Available data ▸
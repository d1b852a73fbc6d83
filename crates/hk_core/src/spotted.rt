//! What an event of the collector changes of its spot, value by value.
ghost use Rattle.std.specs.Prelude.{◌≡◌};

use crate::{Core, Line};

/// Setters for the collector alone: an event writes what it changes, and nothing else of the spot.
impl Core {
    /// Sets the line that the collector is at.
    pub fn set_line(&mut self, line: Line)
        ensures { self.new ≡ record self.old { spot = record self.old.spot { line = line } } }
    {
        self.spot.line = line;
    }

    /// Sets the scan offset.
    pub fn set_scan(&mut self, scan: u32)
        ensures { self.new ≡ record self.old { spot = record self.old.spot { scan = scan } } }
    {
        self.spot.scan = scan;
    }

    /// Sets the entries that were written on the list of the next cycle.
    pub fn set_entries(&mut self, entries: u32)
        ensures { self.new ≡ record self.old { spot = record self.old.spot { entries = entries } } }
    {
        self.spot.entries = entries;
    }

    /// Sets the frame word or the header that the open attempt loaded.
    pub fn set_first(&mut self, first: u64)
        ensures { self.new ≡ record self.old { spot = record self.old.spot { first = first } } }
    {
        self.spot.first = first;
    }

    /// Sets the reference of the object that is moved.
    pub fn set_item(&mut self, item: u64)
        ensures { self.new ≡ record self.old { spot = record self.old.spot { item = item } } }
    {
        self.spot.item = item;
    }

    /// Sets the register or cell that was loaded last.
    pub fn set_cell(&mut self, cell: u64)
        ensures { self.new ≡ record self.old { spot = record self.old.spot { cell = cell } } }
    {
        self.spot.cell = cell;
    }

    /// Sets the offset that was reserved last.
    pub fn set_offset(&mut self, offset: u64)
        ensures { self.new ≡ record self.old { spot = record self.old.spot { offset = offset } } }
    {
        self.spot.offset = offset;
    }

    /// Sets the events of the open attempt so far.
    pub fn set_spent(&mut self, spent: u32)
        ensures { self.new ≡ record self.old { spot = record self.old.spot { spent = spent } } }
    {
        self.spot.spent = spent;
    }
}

---

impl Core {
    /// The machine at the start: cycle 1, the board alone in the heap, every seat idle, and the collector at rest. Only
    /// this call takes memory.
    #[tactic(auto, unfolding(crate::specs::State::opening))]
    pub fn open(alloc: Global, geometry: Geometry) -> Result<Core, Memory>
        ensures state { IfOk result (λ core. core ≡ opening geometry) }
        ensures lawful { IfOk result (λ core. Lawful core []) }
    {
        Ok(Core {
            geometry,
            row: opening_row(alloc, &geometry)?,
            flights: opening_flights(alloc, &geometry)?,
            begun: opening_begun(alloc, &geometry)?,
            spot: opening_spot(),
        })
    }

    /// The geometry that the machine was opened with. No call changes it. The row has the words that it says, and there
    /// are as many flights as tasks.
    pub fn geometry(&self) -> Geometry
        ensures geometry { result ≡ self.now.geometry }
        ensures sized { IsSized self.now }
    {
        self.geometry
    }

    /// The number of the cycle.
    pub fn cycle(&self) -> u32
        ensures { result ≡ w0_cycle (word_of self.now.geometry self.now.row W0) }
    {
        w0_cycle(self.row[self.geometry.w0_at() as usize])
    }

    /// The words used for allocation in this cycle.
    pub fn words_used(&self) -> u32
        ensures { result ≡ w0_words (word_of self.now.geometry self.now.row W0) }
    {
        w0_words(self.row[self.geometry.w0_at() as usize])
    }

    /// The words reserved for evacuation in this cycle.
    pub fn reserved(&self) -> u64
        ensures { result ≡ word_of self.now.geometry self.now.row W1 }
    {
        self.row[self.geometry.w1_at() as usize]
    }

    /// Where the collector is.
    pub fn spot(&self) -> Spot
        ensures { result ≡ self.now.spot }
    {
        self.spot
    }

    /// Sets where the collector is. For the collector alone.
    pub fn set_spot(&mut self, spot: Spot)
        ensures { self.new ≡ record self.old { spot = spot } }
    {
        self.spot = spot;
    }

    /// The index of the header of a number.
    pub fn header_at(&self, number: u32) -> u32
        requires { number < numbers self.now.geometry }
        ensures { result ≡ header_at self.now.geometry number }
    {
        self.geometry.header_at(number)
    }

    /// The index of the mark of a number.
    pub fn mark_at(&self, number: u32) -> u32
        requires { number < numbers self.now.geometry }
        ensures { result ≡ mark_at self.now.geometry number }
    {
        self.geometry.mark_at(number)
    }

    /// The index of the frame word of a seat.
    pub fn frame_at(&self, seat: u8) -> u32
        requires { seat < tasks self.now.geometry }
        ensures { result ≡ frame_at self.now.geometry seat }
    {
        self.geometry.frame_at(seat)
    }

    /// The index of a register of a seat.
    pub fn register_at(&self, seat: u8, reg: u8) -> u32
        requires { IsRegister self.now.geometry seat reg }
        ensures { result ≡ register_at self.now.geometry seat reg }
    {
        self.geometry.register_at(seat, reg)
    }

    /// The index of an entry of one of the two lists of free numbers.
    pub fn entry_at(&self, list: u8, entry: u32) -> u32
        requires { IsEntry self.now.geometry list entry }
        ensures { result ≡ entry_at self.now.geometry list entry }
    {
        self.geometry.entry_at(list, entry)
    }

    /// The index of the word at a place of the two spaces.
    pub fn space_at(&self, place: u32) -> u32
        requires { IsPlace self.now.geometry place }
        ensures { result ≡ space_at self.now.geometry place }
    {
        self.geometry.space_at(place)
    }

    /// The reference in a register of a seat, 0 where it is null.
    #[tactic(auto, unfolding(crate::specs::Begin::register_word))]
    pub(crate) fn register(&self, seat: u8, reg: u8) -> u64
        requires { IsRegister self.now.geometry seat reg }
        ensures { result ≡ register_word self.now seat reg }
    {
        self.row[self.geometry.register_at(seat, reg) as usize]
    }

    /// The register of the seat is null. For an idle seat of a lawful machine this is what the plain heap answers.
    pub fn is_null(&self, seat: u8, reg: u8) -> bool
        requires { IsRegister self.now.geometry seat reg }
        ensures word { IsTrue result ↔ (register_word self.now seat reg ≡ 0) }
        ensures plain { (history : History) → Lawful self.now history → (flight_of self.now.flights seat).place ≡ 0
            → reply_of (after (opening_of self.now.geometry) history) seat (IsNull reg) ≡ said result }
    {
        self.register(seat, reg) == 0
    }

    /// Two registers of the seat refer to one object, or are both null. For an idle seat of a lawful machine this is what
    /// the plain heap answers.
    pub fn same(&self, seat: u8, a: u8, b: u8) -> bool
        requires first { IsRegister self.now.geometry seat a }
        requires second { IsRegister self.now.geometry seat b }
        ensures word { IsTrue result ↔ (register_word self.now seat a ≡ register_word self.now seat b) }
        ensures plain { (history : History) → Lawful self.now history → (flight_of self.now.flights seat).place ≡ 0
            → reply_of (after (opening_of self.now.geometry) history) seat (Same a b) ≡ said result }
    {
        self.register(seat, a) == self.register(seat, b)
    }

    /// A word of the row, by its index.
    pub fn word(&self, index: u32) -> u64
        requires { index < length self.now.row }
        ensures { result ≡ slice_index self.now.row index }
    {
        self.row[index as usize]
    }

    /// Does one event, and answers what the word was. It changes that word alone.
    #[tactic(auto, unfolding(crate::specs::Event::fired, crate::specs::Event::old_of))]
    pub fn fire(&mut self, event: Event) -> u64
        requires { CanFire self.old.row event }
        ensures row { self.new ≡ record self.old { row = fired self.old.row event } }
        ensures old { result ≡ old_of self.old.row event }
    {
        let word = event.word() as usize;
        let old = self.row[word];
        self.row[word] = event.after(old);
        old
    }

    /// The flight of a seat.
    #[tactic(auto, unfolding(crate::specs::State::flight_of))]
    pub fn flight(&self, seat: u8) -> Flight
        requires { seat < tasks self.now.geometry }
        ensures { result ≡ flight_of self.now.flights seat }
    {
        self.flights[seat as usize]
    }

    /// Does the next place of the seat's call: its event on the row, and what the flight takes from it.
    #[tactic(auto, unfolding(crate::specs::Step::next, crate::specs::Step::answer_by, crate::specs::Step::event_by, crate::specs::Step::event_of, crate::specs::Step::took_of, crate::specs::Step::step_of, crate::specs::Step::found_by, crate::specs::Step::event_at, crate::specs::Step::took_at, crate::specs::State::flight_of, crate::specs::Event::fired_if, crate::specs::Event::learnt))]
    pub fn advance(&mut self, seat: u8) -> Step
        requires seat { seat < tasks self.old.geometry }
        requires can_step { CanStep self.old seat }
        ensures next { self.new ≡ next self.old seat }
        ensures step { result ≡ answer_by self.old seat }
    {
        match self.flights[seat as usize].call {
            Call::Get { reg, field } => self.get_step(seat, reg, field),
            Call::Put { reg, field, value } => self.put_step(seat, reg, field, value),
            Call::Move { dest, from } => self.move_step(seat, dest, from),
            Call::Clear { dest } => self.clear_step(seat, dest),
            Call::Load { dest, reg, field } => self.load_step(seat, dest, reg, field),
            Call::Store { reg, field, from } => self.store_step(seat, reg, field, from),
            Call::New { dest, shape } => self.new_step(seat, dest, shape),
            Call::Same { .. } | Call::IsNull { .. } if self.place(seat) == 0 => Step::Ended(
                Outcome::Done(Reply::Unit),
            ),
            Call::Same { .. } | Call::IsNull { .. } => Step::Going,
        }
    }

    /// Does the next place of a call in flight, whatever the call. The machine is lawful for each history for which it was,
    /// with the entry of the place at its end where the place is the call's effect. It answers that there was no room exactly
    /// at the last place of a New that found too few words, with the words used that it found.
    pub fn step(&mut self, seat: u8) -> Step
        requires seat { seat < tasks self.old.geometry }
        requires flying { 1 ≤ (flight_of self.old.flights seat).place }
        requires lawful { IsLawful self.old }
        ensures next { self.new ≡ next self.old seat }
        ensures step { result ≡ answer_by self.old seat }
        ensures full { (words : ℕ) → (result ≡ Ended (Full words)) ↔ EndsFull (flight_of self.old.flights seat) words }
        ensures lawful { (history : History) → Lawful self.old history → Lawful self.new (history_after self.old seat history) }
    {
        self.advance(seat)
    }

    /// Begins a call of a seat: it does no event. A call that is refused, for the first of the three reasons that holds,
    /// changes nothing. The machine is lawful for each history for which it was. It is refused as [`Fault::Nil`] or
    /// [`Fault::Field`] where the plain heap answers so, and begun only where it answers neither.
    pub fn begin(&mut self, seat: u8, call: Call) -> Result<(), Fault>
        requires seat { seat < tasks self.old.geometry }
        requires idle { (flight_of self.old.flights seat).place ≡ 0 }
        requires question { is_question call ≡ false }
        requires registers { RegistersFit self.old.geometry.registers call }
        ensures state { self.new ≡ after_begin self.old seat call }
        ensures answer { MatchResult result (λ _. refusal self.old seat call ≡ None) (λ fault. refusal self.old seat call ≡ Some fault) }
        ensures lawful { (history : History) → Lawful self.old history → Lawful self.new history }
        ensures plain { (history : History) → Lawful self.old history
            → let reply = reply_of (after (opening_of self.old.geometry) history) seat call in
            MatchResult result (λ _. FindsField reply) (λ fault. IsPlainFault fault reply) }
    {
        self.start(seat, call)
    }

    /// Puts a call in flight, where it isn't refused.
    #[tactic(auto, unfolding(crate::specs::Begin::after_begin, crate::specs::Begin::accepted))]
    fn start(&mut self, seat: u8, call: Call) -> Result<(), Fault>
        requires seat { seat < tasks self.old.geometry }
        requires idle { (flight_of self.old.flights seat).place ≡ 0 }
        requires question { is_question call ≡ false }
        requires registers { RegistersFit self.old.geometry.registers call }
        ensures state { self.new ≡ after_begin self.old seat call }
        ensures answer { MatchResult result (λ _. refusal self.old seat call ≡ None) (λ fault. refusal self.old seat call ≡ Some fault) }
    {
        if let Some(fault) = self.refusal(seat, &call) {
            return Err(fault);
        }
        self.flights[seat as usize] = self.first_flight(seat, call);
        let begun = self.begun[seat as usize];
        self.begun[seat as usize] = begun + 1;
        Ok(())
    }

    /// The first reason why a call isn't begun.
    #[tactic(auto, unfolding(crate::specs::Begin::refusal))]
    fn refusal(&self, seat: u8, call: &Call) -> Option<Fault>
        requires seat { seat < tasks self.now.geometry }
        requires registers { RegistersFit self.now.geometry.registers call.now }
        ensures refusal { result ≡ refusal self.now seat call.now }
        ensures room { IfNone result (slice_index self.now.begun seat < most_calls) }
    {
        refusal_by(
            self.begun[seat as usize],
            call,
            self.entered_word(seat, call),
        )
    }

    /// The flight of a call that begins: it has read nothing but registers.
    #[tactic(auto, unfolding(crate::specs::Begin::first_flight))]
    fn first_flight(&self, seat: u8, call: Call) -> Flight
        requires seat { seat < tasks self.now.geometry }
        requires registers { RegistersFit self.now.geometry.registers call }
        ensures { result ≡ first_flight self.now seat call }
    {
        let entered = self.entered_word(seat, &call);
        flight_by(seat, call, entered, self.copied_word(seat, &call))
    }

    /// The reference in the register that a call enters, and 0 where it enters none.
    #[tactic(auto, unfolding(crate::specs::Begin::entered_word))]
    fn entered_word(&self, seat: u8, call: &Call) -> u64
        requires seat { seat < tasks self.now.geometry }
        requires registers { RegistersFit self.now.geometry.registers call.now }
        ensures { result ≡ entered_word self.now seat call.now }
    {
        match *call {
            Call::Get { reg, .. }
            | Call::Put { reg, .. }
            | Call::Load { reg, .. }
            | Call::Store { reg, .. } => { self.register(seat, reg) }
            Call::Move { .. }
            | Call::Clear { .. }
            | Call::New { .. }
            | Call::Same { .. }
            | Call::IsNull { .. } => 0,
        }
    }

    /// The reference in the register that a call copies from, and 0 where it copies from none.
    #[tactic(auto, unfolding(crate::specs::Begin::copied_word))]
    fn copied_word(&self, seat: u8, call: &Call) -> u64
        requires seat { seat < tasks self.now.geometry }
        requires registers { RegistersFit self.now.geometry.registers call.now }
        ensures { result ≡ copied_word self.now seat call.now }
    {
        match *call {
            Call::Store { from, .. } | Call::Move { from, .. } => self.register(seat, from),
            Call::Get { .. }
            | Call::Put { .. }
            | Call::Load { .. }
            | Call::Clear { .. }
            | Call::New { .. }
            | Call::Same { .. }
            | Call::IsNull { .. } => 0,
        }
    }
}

What to do ▸ Take every line from the data above that holds "scan" and copy it out.

Response below ▸
    /// Sets the scan offset.
    pub fn set_scan(&mut self, scan: u32)
        ensures { self.new ≡ record self.old { spot = record self.old.spot { scan = scan } } }
        self.spot.scan = scan;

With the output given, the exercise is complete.